Does this sound like a viable potential risk associated with this scenario (allowing user pods to run on a Kubernetes master node)? Are there any other potential issues associated with such a setup?
Running pods on the master node is definitely possible.
The security risk you mention is one issue, but if you configure service accounts, it isn't actually much different for all deployed pods to have secure remote access to the apiserver vs. insecure local access.
Another issue is resource contention. If you run a rogue pod on your master node that disrupts the master components, it can destabilize your entire cluster. Clearly this is a concern for production deployments, but if you are looking to maximize utilization of a small number of nodes in a development / experimentation environment, then it should be fine to run a couple of extra pods on the master.
Finally, you need to make sure the master node has a sufficiently large pod cidr allocated to it. In some deployments, the master only gets a /30 which isn't going to allow you to run very many pods.
Now Kubernetes and some Kubernetes distribution have what it calls taint.
taint can decide if the master can run a pod or not.
although running the pod on the master node is not the best practice but it's possible to do so. medium
in Kubernetes, we can read the explanation about taint here and I believe this is also related to scheduler
in Kubernetes or K3S, we can check if the nodes set the taint or not by describing the nodes.

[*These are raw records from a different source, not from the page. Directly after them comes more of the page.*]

/// Does all that the program does: reads the words, then the input where the command reads one, then decides refusals,
/// works, and writes. All that is written is made before the first byte is given. It returns for every command. (This
/// project's own.)
pub fn run<R: Threads + Sync, I: Source, O: Sink, G: Gate + Sync>(
    rt: &R,
    alloc: Global,
    words: &[String],
    input: &mut I,
    out: &mut O,
    gate: &G,
) -> Status
    // Where the source tells its bytes, a status of a whole text is the verdict of the answer, and its text was written.
    ensures answered { (xs : List ℕ) (verdict : Verdict) → I.left input.old ≡ Some xs → result ≡ status_of verdict →
        (text : List ℕ) × IsAnswer (words_of words.now) xs (I.left input.new) verdict text
        × Appends (O.contents out.old) (O.contents out.new) text }
    // After a fault of the sink it holds a prefix of the text that the answer has.
    ensures write_fault { result ≡ Status.WriteFault → Rose (O.faults out.old) (O.faults out.new) }
    ensures prefix { (xs : List ℕ) → I.left input.old ≡ Some xs → result ≡ Status.WriteFault →
        (verdict : Verdict) × (text : List ℕ) × IsAnswer (words_of words.now) xs (I.left input.new) verdict text
        × AppendsPrefix (O.contents out.old) (O.contents out.new) text }
    ensures read_fault { result ≡ Status.ReadFault → Rose (I.faults input.old) (I.faults input.new) }
    // Every other status means that no fault came, of the sink and of the source.
    ensures written_whole { result ≢ Status.WriteFault → O.faults out.new ≡ O.faults out.old }
    ensures read_whole { result ≢ Status.ReadFault → I.faults input.new ≡ I.faults input.old }
    // Nothing was written after a fault of the source, and where memory was not found.
    ensures silent { (result ≡ Status.ReadFault) ⊎ (result ≡ Status.NoMemory) → out.new ≡ out.old }
    // Words that are no line: the position is told, and the source is left alone, whether it tells its bytes or not.
    ensures usage { IsNoLine (words_of words.now) → (input.new ≡ input.old) × (HasText result → (text : List ℕ)
        × IsUsageText (words_of words.now) text
        × IsWritten result Verdict.Usage text (O.contents out.old) (O.contents out.new)) }
    // What each command answers.
    ensures judge { (xs : List ℕ) → IsLineOf (words_of words.now) Command.Judge → I.left input.old ≡ Some xs →
        HasText result → (verdict : Verdict) × (text : List ℕ) × ReadsAll IsJudged xs (I.left input.new) verdict text
        × IsWritten result verdict text (O.contents out.old) (O.contents out.new) }
    ensures start { (xs : List ℕ) → IsLineOf (words_of words.now) Command.Start → I.left input.old ≡ Some xs →
        HasText result → (verdict : Verdict) × (text : List ℕ) × ReadsAll IsStarted xs (I.left input.new) verdict text
        × IsWritten result verdict text (O.contents out.old) (O.contents out.new) }
    ensures solve { (xs : List ℕ) (E B rounds seed : ℕ) →
        IsLineOf (words_of words.now) (Command.Solve E B rounds seed) → I.left input.old ≡ Some xs →
        HasText result → (verdict : Verdict) × (text : List ℕ)
        × ReadsAll (IsSolveAnswer E B rounds seed) xs (I.left input.new) verdict text
        × IsWritten result verdict text (O.contents out.old) (O.contents out.new) }
    ensures check { (xs : List ℕ) → IsLineOf (words_of words.now) Command.Check → I.left input.old ≡ Some xs →
        HasText result → (verdict : Verdict) × (text : List ℕ) × ReadsAll IsCheckAnswer xs (I.left input.new) verdict text
        × IsWritten result verdict text (O.contents out.old) (O.contents out.new) }
    ensures part { (xs : List ℕ) (part : ReportPart) → IsLineOf (words_of words.now) (Command.Part part) →
        I.left input.old ≡ Some xs → HasText result → (verdict : Verdict) × (text : List ℕ)
        × ReadsAll (IsPartAnswer part) xs (I.left input.new) verdict text
        × IsWritten result verdict text (O.contents out.old) (O.contents out.new) }
    ensures weave { (xs : List ℕ) → IsLineOf (words_of words.now) Command.Weave → I.left input.old ≡ Some xs →
        HasText result → (verdict : Verdict) × (text : List ℕ) × ReadsAll IsWeaveAnswer xs (I.left input.new) verdict text
        × IsWritten result verdict text (O.contents out.old) (O.contents out.new) }
    ensures rewind { (xs : List ℕ) (k : ℕ) → IsLineOf (words_of words.now) (Command.Rewind k) →
        I.left input.old ≡ Some xs → HasText result → (verdict : Verdict) × (text : List ℕ)
        × ReadsAll (IsRewindAnswer k) xs (I.left input.new) verdict text
        × IsWritten result verdict text (O.contents out.old) (O.contents out.new) }
    ensures edit { (xs : List ℕ) → IsLineOf (words_of words.now) Command.EditSession → I.left input.old ≡ Some xs →
        HasText result → (verdict : Verdict) × (text : List ℕ) × ReadsAll IsEditAnswer xs (I.left input.new) verdict text
        × IsWritten result verdict text (O.contents out.old) (O.contents out.new) }
    ensures generated_solved { (kind : Kind) (n seed : ℕ) →
        IsLineOf (words_of words.now) (Command.GenSolve kind n seed) →
        (input.new ≡ input.old) × (HasText result → (text : List ℕ) × IsSolvedLine kind n seed text
        × IsWritten result Verdict.Done text (O.contents out.old) (O.contents out.new)) }
    ensures generated { (kind : Kind) (n seed : ℕ) → IsLineOf (words_of words.now) (Command.Gen kind n seed) →
        (input.new ≡ input.old) × (HasText result → (text : List ℕ) × IsGenerated kind n seed text
        × IsWritten result Verdict.Done text (O.contents out.old) (O.contents out.new)) }
    // A convex partition is told of a bundle whose pairs, none of them twice, are one.
    ensures convex { (xs : List ℕ) → I.left input.old ≡ Some xs → IsLineOf (words_of words.now) Command.Judge →
        result ≡ Status.Done →
        (S : List Point) × (K : List Pair) × HasBundle xs S K × AreDistinct K × IsConvexPartition S K
        × (I.left input.new ≡ Some [])
        × Appends (O.contents out.old) (O.contents out.new) (judgement_line (Judgement.Convex (length K))) }
    // The headline. At Done `solve` has written the text of the report of one instance, start, journal, solution and
    // certificate: the instance is the one that was read, these are a solved instance, and the certificate is the best
    // that its bound workers find.
    ensures headline { (xs : List ℕ) (E B rounds seed : ℕ) → I.left input.old ≡ Some xs →
        IsLineOf (words_of words.now) (Command.Solve E B rounds seed) → result ≡ Status.Done →
        (I.left input.new ≡ Some [])
        × Reports (IsSolvedFrom xs E B rounds seed) (O.contents out.old) (O.contents out.new) }
    // After each beginning of the printed journal the kept segments are a convex partition.
    ensures history { (xs : List ℕ) (E B rounds seed : ℕ) → I.left input.old ≡ Some xs →
        IsLineOf (words_of words.now) (Command.Solve E B rounds seed) → result ≡ Status.Done →
        Reports IsConvexThroughout (O.contents out.old) (O.contents out.new) }
    // The printed solution is the last of them, and no segment of it can be removed.
    ensures last { (xs : List ℕ) (E B rounds seed : ℕ) → I.left input.old ≡ Some xs →
        IsLineOf (words_of words.now) (Command.Solve E B rounds seed) → result ≡ Status.Done →
        Reports IsLastAndMinimal (O.contents out.old) (O.contents out.new) }
    // No convex partition costs less than the printed bound.
    ensures bound { (xs : List ℕ) (E B rounds seed : ℕ) → I.left input.old ≡ Some xs →
        IsLineOf (words_of words.now) (Command.Solve E B rounds seed) → result ≡ Status.Done →
        Reports NoneIsBelowBound (O.contents out.old) (O.contents out.new) }
    // Optimal is printed exactly where the solution costs what the bound says.
    ensures optimal { (xs : List ℕ) (E B rounds seed : ℕ) → I.left input.old ≡ Some xs →
        IsLineOf (words_of words.now) (Command.Solve E B rounds seed) → result ≡ Status.Done →
        Reports TellsOptimal (O.contents out.old) (O.contents out.new) }
    // At Done `check` has read a report whose solution is a convex partition from which no segment can be removed, and the
    // end of its journal; no convex partition costs less than its bound.
    ensures told { (xs : List ℕ) → I.left input.old ≡ Some xs → IsLineOf (words_of words.now) Command.Check →
        result ≡ Status.Done →
        (I.left input.new ≡ Some []) × TellsReport xs (O.contents out.old) (O.contents out.new) }
    // Words that are a line and an input that has its reading are answered by Done or No, where nothing fails.
    ensures complete { (xs : List ℕ) (command : Command) → I.left input.old ≡ Some xs →
        IsLineOf (words_of words.now) command →
        HasInput command xs → ¬ Rose (I.faults input.old) (I.faults input.new) →
        ¬ Rose (O.faults out.old) (O.faults out.new) →
        result ≢ Status.NoMemory → (result ≡ Status.Done) ⊎ (result ≡ Status.No) }
    ensures later { (I.faults input.old ≤ I.faults input.new) × (O.faults out.old ≤ O.faults out.new) }
{
    match answer(rt, alloc, words, input, gate) {
        Ok(answer) => deliver(&answer, out),
        Err(Halt::ReadFault) => Status::ReadFault,
        Err(Halt::NoMemory) => Status::NoMemory,
    }
}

# kubectl describe nodes | grep Taints
Taints: node.kubernetes.io/unreachable:NoExecute
Taints: node.kubernetes.io/unreachable:NoSchedule
Taints: node.kubernetes.io/unreachable:NoExecute
Taints: <none>
NoSchedule: Pods that do not tolerate this taint are not scheduled on the node.

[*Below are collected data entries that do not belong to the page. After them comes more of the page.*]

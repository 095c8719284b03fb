//! Where a value is in another.

use std::alloc::Global;
use std::fmt;

/// A step from a value to one that is in it (X.680 15).
#[derive(Clone, Copy, Debug, PartialEq, Eq)]
pub enum Step {
    /// To the component of a SEQUENCE or a SET, or the alternative of a CHOICE, by its identifier. An addition group,
    /// which has none in ASN.1, goes by its name in the type's list.
    Named(&'static str),
    /// To the alternative of a CHOICE whose type names none.
    Nameless,
    /// To the element of a SEQUENCE OF or a SET OF, by its number from 1 on.
    Element(usize),
    /// To the component or the alternative of a type that is data, whose names aren't known here: by its place from 0
    /// on, those after the extension marker last. Components of a SET stand in ascending order of their smallest tags.
    Placed(usize),
}

impl fmt::Display for Step {
    fn fmt<W: fmt::Write>(&self, f: &mut fmt::Formatter<W>) -> fmt::Result {
        match self {
            Step::Named(name) => f.write_str(name),
            Step::Nameless => Ok(()),
            Step::Element(number) => write!(f, "{number}"),
            Step::Placed(place) => write!(f, "#{place}"),
        }
    }
}

/// The steps from a whole message to a value in it: none to the message itself.
#[derive(Debug, Drop, PartialEq, Eq)]
pub struct Path {
    /// The steps, the first one from the message.
    pub steps: Vec<Step>,
}

impl Path {
    ghost use Rattle.std.specs.Prelude.{◌≡◌, []};

    /// The path from a message to itself.
    pub fn to_message(alloc: Global) -> Self
        ensures { result.steps.items ≡ [] }
    {
        Path {
            steps: Vec::new(alloc),
        }
    }
}

/// Prints the steps with a full stop between two of them (X.680 15), such as `protocolIEs.3.value`; a place as `#0`.
impl fmt::Display for Path {
    fn fmt<W: fmt::Write>(&self, f: &mut fmt::Formatter<W>) -> fmt::Result {
        let mut is_first = true;
        for step in &self.steps {
            if !is_first {
                f.write_str(".")?;
            }
            is_first = false;
            write!(f, "{step}")?;
        }
        Ok(())
    }
}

PreferNoSchedule: Kubernetes avoids scheduling Pods that do not tolerate this taint onto the node.
NoExecute: Pod is evicted from the node if it is already running on the node, and is not scheduled onto the node if it is not yet running on the node.
source
if you want to specify one of your nodes, rather master or agent, just mention the nodes
# kubectl describe nodes agent3 | grep Taints
Taints: <none>
# kubectl describe nodes master | grep Taints
Taints: <none>
this is how you apply the taint to your nodes
kubectl taint nodes agent1 key1=value1:NoSchedule
kubectl taint nodes agent2 key1=value1:NoExecute
when your nodes are not running automatically it will show NoSchedule or NoExecute, make sure to check your nodes before checking the taint.
#robert have given a clear answer. I'm just trying to explain in a metaphorical way with a real-time example.
Your company's MANAGER is a better coder. If he starts coding, your company's MANAGER kind of work will be stalled/less efficient, because he can handle one thing in an efficient way. that will put your entire company at risks.
To operate efficiently, Hire more devs to code and don't make your MANAGER code(in order to get the works for the amount you are paying him).